WHAT NEEDS TO BE DONE »
Only lines holding "unchanged" are wanted; copy each of them from the records below.
━━━ DATASET EXCERPTS
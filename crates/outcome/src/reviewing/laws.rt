// What is true for the text of a review, regardless of who writes it.
ghost use Rattle.std.specs.Prelude.{◌≡◌, ℕ, List, length};
ghost use Rattle.std.specs.List.{AllByRecursion};
ghost use Rattle.auction_model.specs.Book.{Book};
ghost use Rattle.book_grammar.specs.BookLines.{IsBookWithinLimits};
ghost use Rattle.review.specs.Edits.{edit_lots};
ghost use Rattle.review.specs.declared.edit.Edit.{Edit};
ghost use Rattle.outcome.specs.ReviewText.{IsReviewText};

use auction_model::{book_market, winning_choice};

/// The edits of a book within the limits, whose packages have the book's number of categories, have one text.
pub fn one_review_text()
    ensures { (book : Book) (edits : List Edit) (a b : List ℕ) → IsBookWithinLimits book
        → AllByRecursion (λ e. length (edit_lots e) ≡ length book.supply) edits
        → IsReviewText book edits a → IsReviewText book edits b → a ≡ b }
{
    winning_choice();
    book_market();
}
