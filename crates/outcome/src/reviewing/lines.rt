// The lines of a review.
ghost use Rattle.std.specs.Prelude.{◌≡◌, ◌∷◌, ◌++◌, List, ℕ, OnOk, codes};
ghost use Rattle.std.specs.Fmt.{decimal, signed_decimal};
ghost use Rattle.line_format.specs.Decimals.{decimals_text};
ghost use Rattle.outcome.specs.ReviewText.{IsStateLine, refusal_text, worded};

use line_format::{add_decimal, add_number, add_numbers, add_signed};
use review::{EditReply, Review};
use std::alloc::AllocError;
use wide_num::Text;

/// Adds the line of this number for the book as it is: its net value and its winning choice.
pub fn add_state(text: &mut Text, n: u64, review: &Review) -> Result<(), AllocError>
    ensures { OnOk result ((line : List ℕ) × IsStateLine n review.now.book line × (text.new ≡ text.old ++ line)) }
{
    let choice = review.choice();
    add_value(text, n, review.net())?;
    add_choice(text, choice.numbers())?;
    Ok(())
}

/// Adds a number and a net value.
fn add_value(text: &mut Text, n: u64, net: i128) -> Result<(), AllocError>
    ensures { OnOk result (text.new ≡ text.old ++ decimal n ++ codes " net " ++ signed_decimal net) }
{
    add_decimal(text, n as u128)?;
    text.add(b" net ")?;
    add_signed(text, net)
}

/// Adds the numbers of a choice, and the end of the line.
fn add_choice(text: &mut Text, numbers: &[u16]) -> Result<(), AllocError>
    ensures { OnOk result (text.new ≡ text.old ++ codes " choice" ++ decimals_text numbers.now ++ codes "\n") }
{
    text.add(b" choice")?;
    add_numbers(text, numbers)?;
    text.push(b'\n')
}

/// Adds the line of this number for an edit that was refused.
pub fn add_refusal(text: &mut Text, n: u64, refusal: EditReply) -> Result<(), AllocError>
    ensures { OnOk result (text.new ≡ text.old ++ (decimal n ++ 32 ∷ refusal_text refusal ++ codes "\n")) }
{
    add_refused(text, n, &refusal)
}

/// Adds the line of a refused edit, of a refusal that is borrowed.
fn add_refused(text: &mut Text, n: u64, refusal: &EditReply) -> Result<(), AllocError>
    ensures { OnOk result (text.new ≡ text.old ++ (decimal n ++ 32 ∷ refusal_text refusal.now ++ codes "\n")) }
{
    add_decimal(text, n as u128)?;
    text.push(b' ')?;
    add_reply(text, refusal)?;
    text.push(b'\n')
}

/// Adds the text of a refusal. What isn't one has none.
fn add_reply(text: &mut Text, reply: &EditReply) -> Result<(), AllocError>
    ensures { OnOk result (text.new ≡ text.old ++ refusal_text reply.now) }
{
    match reply {
        EditReply::Ok | EditReply::Memory => Ok(()),
        EditReply::Unknown => add_word(text, b"unknown"),
        EditReply::Supply(category) => add_worded(text, b"supply", *category as u64),
        EditReply::Empty => add_word(text, b"empty"),
        EditReply::Present(amount) => add_worded(text, b"present", *amount),
        EditReply::Absent => add_word(text, b"absent"),
        EditReply::NotHigher(amount) => add_worded(text, b"not-higher", *amount),
        EditReply::BelowReserve(amount) => add_worded(text, b"below-reserve", *amount),
        EditReply::AmountTop(amount) => add_worded(text, b"amount-top", *amount),
        EditReply::Full(count) => add_worded(text, b"full", *count),
    }
}

/// Adds a word.
fn add_word(text: &mut Text, word: &[u8]) -> Result<(), AllocError>
    ensures { OnOk result (text.new ≡ text.old ++ word.now) }
{
    text.add(word)?;
    Ok(())
}

/// Adds a word and a number.
fn add_worded(text: &mut Text, word: &[u8], n: u64) -> Result<(), AllocError>
    ensures { OnOk result (text.new ≡ text.old ++ worded word.now n) }
{
    text.add(word)?;
    add_number(text, n)?;
    Ok(())
}
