// The text of a review.
ghost use Rattle.std.specs.Prelude.{◌≡◌, ◌++◌, List, ℕ, IfOk, OnErr, OnOk, length};
ghost use Rattle.std.specs.List.{AllByRecursion};
ghost use Rattle.review.specs.Edits.{edit_lots, edit_reply};
ghost use Rattle.outcome.specs.ReviewText.{IsReplyLine, IsReviewText, book_after};

use crate::reviewing::lines::{add_refusal, add_state};
use crate::win_text;
use bid_book::BidBook;
use review::{Edit, EditReply, Review};
use std::alloc::{AllocError, Global};
use wide_num::Text;

/// What is printed of the edits of a book: a line for the book as it is, a line for each edit in order, which is taken or refused, and
/// the winners of the book after the last. Each edit's package has the book's number of categories. The only error is out of memory.
pub fn review_text(alloc: Global, book: BidBook, edits: &[Edit]) -> Result<Text, AllocError>
    requires { AllByRecursion (λ e. length (edit_lots e) ≡ length book.supply) edits.now }
    ensures { IfOk result (λ text. IsReviewText book edits.now text) }
{
    let mut review = Review::start(alloc, book)?;
    let text = reviewed(alloc, &mut review, edits)?;
    Ok(text)
}

/// The text of the edits of a review that has begun.
fn reviewed(alloc: Global, review: &mut Review, edits: &[Edit]) -> Result<Text, AllocError>
    requires { AllByRecursion (λ e. length (edit_lots e) ≡ length review.old.book.supply) edits.now }
    ensures { IfOk result (λ text. IsReviewText review.old.book edits.now text) }
{
    let mut text = Text::new(alloc);
    add_state(&mut text, 0, review)?;
    for (k, edit) in edits.iter().enumerate() {
        add_edit(alloc, &mut text, review, k as u64 + 1, edit)?;
    }
    let winners = win_text(alloc, review.book(), review.choice())?;
    text.add(winners.items())?;
    Ok(text)
}

/// Takes an edit and adds the line of this number for it.
fn add_edit(
    alloc: Global,
    text: &mut Text,
    review: &mut Review,
    n: u64,
    edit: &Edit,
) -> Result<(), AllocError>
    requires { length (edit_lots edit.now) ≡ length review.old.book.supply }
    ensures line { OnOk result
        ((line : List ℕ)
        × IsReplyLine (edit_reply review.old.book edit.now) n (book_after review.old.book edit.now) line
        × (text.new ≡ text.old ++ line)) }
    ensures book { OnOk result (review.new.book ≡ book_after review.old.book edit.now) }
{
    match take_edit(alloc, review, edit)? {
        EditReply::Ok => add_state(text, n, review),
        refusal => add_refusal(text, n, refusal),
    }
}

/// Takes an edit, and returns the reply to it. It takes memory only if no condition refuses the edit, so out of memory never
/// hides a refusal. The review is then unchanged.
fn take_edit(alloc: Global, review: &mut Review, edit: &Edit) -> Result<EditReply, AllocError>
    requires { length (edit_lots edit.now) ≡ length review.old.book.supply }
    ensures reply { IfOk result (λ reply. reply ≡ edit_reply review.old.book edit.now) }
    ensures book { OnOk result (review.new.book ≡ book_after review.old.book edit.now) }
    ensures memory { OnErr result (edit_reply review.old.book edit.now ≡ EditReply.Ok) }
    ensures unchanged { OnErr result (review.new ≡ review.old) }
{
    match review.edit(alloc, edit) {
        EditReply::Memory => Err(AllocError),
        reply => Ok(reply),
    }
}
━━━━━━
ANSWER SECTION »
/// hides a refusal. The review is then unchanged.
    ensures unchanged { OnErr result (review.new ≡ review.old) }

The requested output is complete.